Costs – Whilst a SCF facility can provide cash flow benefits (as close to 100% of the supplier’s invoice is paid), this can leave the buyer eligible for early payment discounts that can eat into the suppliers’ margins.
Withdrawal risk – An invoice finance provider will offer a minimum commitment term to suppliers, whereas an SCF facility can be withdrawn with little notice to the suppliers as the lending relationship is between the buyer and the lender. If the buyer has its SCF facility withdrawn, the supplier could seek to discount the invoices with its own invoice finance provider, but this will typically see a reduction in funding and a potential risk of “double funding” for the lenders.
Drawbacks to SCF
From an accounting perspective, one of the most controversial aspects of SCF is that substantial amounts of lending do not have to be classified as debt. This type of accounting can be optically problematic, and in the case of Carillion shortly prior to its collapse in 2018, up to £500m of debt due its SCF lender was categorised as trade payables, whereas loans and overdrafts on the balance sheet were reported in the region of only £150m. It is arguable that this accounting treatment masked Carillion’s true overall debt levels and understating its gearing, in turn enhancing the appearance of Carillion’s balance sheet.
The post-mortem of Carillion’s downfall disclosed that payment terms with its suppliers were an average of 120 days (this was also the terms on which the SCF lender was repaid). In December 2017, Carillion’s SCF facility was withdrawn. The liquidity effect for Carillion and its supply chain was disastrous, resulting in the almost immediate failure of the construction company and terminal collateral damage through its supplier network.

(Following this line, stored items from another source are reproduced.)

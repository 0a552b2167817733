//! Steps of a bus that are booked.
ghost use Rattle.std.specs.Prelude.{◌≡◌, ℕ, ◌*◌, ◌<◌, ◌≤◌, ◌^◌, true, IfOk, IfErr, IfSome, OnOk, OnErr, IsErrAnd, length, vec_len};
ghost use Rattle.uas_log.specs.Booking.{without_lists};
ghost use Rattle.uas_log.specs.Growing.{HasLists, HasRoom};
ghost use Rattle.shared_machine.specs.Bus.{HasTicket};
ghost use Rattle.uas_profile.specs.Tags.{AreTags};
ghost use Rattle.uas_profile.specs.declared.TheConstants.{MAX_CLIENTS, STREAMS};
ghost use Rattle.shared_machine.specs.Shared.{due};
ghost use Rattle.shared_machine.specs.Rooms.{step_len};
ghost use Rattle.uas_work.specs.Booked.{IsBooked, booked_step, turns_in};

use crate::spares::Spares;
use crate::turns::count_turn;
use crate::{Booked, Booking, PreparedStep};
use bus_core::{Bus, Outcome, Step};
use std::alloc::{AllocError, Global};
use uas_log::{Growth, Log};
use uas_profile::MAX_CLIENTS;

impl Booked {
    /// The bus.
    pub fn bus(&self) -> &Bus
        ensures { result.now ≡ self.now.bus }
    {
        &self.bus
    }

    /// How many clients the bus has: 1 to 31.
    pub(crate) fn clients(&self) -> usize
        ensures count { result ≡ length self.now.bus.parts }
        ensures some { 1 ≤ result }
        ensures most { result ≤ MAX_CLIENTS }
        ensures streams { result * self.now.bus.tags ≤ STREAMS }
    {
        self.bus.clients()
    }

    /// How many tags each client has, which never changes.
    pub fn tags(&self) -> usize
        ensures tags { result ≡ self.now.bus.tags }
        ensures log { result ≡ self.now.log.tags }
        ensures number { AreTags result }
    {
        self.bus.tags()
    }

    /// The log: the bus is what its replay comes to, and its refusals and replies are that replay's.
    pub fn log(&self) -> &Log
        ensures log { result.now ≡ self.now.log }
        ensures booked { IsBooked self.now }
    {
        &self.log
    }

    /// How many steps the log may hold.
    pub fn limit(&self) -> usize
        ensures { result ≡ self.now.limit }
    {
        self.limit
    }

    /// Whether a step would act.
    pub fn due(&self, step: &Step) -> bool
        ensures { result ≡ due self.now.bus step.now }
    {
        self.bus.due(step)
    }

    /// How many submissions of a client the log has, refused ones too.
    pub fn turn(&self, client: usize) -> u64
        requires { client < MAX_CLIENTS }
        ensures turns { result ≡ turns_in client self.now.log.steps }
        ensures small { result < 2 ^ 32 }
    {
        self.turns[client]
    }

    /// Takes one step and books it: what came of it. Where the step is idle the log stays, else it is longer by the step, by the
    /// number of its refusal and by a copy of its reply. Where the log holds as many steps as it may the answer is `LogFull`,
    /// for an idle step too, and `NoMemory` where the step is due and there is no memory for the entry; the step comes back
    /// then, and nothing changed. All memory is taken before the bus takes the step.
    pub fn step(&mut self, alloc: Global, step: Step) -> Result<Outcome, (Booking, Step)>
        requires { HasTicket step }
        // The bus and the outcome are the shared machine's, and the log is longer by what acted.
        ensures booked { IfOk result (λ outcome. booked_step self.old step ≡ (self.new, outcome)) }
        ensures full { length self.old.log.steps ≡ self.old.limit → IsErrAnd result (λ back. back.0 ≡ Booking.LogFull) }
        ensures only_full { IfErr result (λ back. back.0 ≡ Booking.LogFull → length self.old.log.steps ≡ self.old.limit) }
        ensures wanting { IfErr result (λ back. back.0 ≡ Booking.NoMemory → due self.old.bus step ≡ true) }
        ensures err { OnErr result (self.new ≡ self.old) }
        ensures back { IfErr result (λ back. back.1 ≡ step) }
    {
        self.take_step(alloc, step, None)
    }

    /// The same of a submission that was prepared, which the log takes with the copy that was made then. The bytes that were prepared for
    /// its reply are kept for the copy of a reply that brings as many.
    pub fn step_prepared(
        &mut self,
        alloc: Global,
        prepared: PreparedStep,
    ) -> Result<Outcome, (Booking, Step)>
        requires { HasTicket prepared }
        ensures booked { IfOk result (λ outcome. booked_step self.old prepared ≡ (self.new, outcome)) }
        ensures full { length self.old.log.steps ≡ self.old.limit → IsErrAnd result (λ back. back.0 ≡ Booking.LogFull) }
        ensures only_full { IfErr result (λ back. back.0 ≡ Booking.LogFull → length self.old.log.steps ≡ self.old.limit) }
        ensures wanting { IfErr result (λ back. back.0 ≡ Booking.NoMemory → due self.old.bus prepared ≡ true) }
        ensures err { OnErr result (self.new ≡ self.old) }
        ensures back { IfErr result (λ back. back.1 ≡ prepared) }
    {
        let (step, copy, spare) = prepared.into_parts();
        self.spares.put(spare);
        self.take_step(alloc, step, Some(copy))
    }

    /// Takes one step and books it with its copy, which is made here where there is none.
    fn take_step(
        &mut self,
        alloc: Global,
        step: Step,
        copy: Option<Step>,
    ) -> Result<Outcome, (Booking, Step)>
        requires ticket { HasTicket step }
        requires copy { IfSome copy (λ copy. copy ≡ step) }
        ensures booked { IfOk result (λ outcome. booked_step self.old step ≡ (self.new, outcome)) }
        ensures full { length self.old.log.steps ≡ self.old.limit → IsErrAnd result (λ back. back.0 ≡ Booking.LogFull) }
        ensures only_full { IfErr result (λ back. back.0 ≡ Booking.LogFull → length self.old.log.steps ≡ self.old.limit) }
        ensures wanting { IfErr result (λ back. back.0 ≡ Booking.NoMemory → due self.old.bus step ≡ true) }
        ensures err { OnErr result (self.new ≡ self.old) }
        ensures back { IfErr result (λ back. back.1 ≡ step) }
    {
        if self.log.steps.len() == self.limit {
            return Err((Booking::LogFull, step));
        }
        if !self.bus.due(&step) {
            return Ok(self.bus.step(step));
        }
        let len = reply_len(&self.bus, &step);
        let Ok(growth) = begin(alloc, &mut self.log, &mut self.spares, &step, copy, len) else {
            return Err((Booking::NoMemory, step));
        };
        count_turn(&mut self.turns, &step);
        let outcome = self.bus.step(step);
        growth.enter(&mut self.log, &outcome);
        Ok(outcome)
    }
}

/// Takes the lists out of a log and makes room for a step whose reply brings `len` bytes: with the copy of it that is handed in or made here,
/// and with bytes that are spared or new.
fn begin(
    alloc: Global,
    log: &mut Log,
    spares: &mut Spares,
    step: &Step,
    copy: Option<Step>,
    len: usize,
) -> Result<Growth, AllocError>
    requires copy { IfSome copy (λ copy. copy ≡ step.now) }
    ensures lists { IfOk result (λ growth. HasLists growth log.old) }
    ensures room { IfOk result (λ growth. HasRoom growth) }
    ensures copy { IfOk result (λ growth. growth.copy ≡ step.now) }
    ensures spare { IfOk result (λ growth. vec_len growth.spare ≡ len) }
    ensures out { OnOk result (log.new ≡ without_lists log.old) }
    ensures err { OnErr result (log.new ≡ log.old) }
{
    let spare = spares.take(alloc, len)?;
    let mut growth = match copy {
        None => Growth::begin(alloc, log, step, 0)?,
        Some(copy) => {
            // A step without a buffer holds its place.
            let mut growth = Growth::begin(alloc, log, &Step::Engine, 0)?;
            growth.copy = copy;
            growth
        }
    };
    growth.spare = spare;
    Ok(growth)
}

/// How many bytes the reply of a step would bring.
fn reply_len(bus: &Bus, step: &Step) -> usize
    ensures { result ≡ step_len bus.now step.now }
{
    match step {
        Step::Take(client) => bus.next_len(*client),
        Step::Submit { .. }
        | Step::Task { .. }
        | Step::CommandPipe
        | Step::Data(_)
        | Step::Status(_)
        | Step::Engine
        | Step::Event
        | Step::Retire(_, _) => 0,
    }
}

Carillion is just one example. There is a plethora of examples of similar failures which has brought the subject of SCF regulation into sharper focus. It is widely reported that the accounting treatment ought to be revised given the debt-like features of SCF, to report the true nature of the borrower’s indebtedness. As the access to SCF is diverse through digitalisation and fintech’s, there have also been calls for a wider interrogation and formalisation of SCF lending across the board.
The road ahead
Given the economic slowdown due to Covid-19, it is widely publicised that demand for SCF has soared to combat liquidity contraction. With SCF seemingly becoming more popular, this may be a symptom of management teams prioritising cash flow headroom over short-term profit. However, SCF may be being used as a sticking plaster where more acute structural challenges exist.
An SCF facility is only as strong as its lender and its borrower. Covid-19 has left a damaging imprint on many of the strongest of pre-pandemic debtor covenants and as the ongoing economic uncertainty continues, the lasting longer-term impact on the users and purveyors of SCF remains unclear.
The saying “a chain is only as strong as its weakest link” speaks volumes, and as recent history has shown, if the SCF train derails, the resultant pile-up will bring widespread casualties.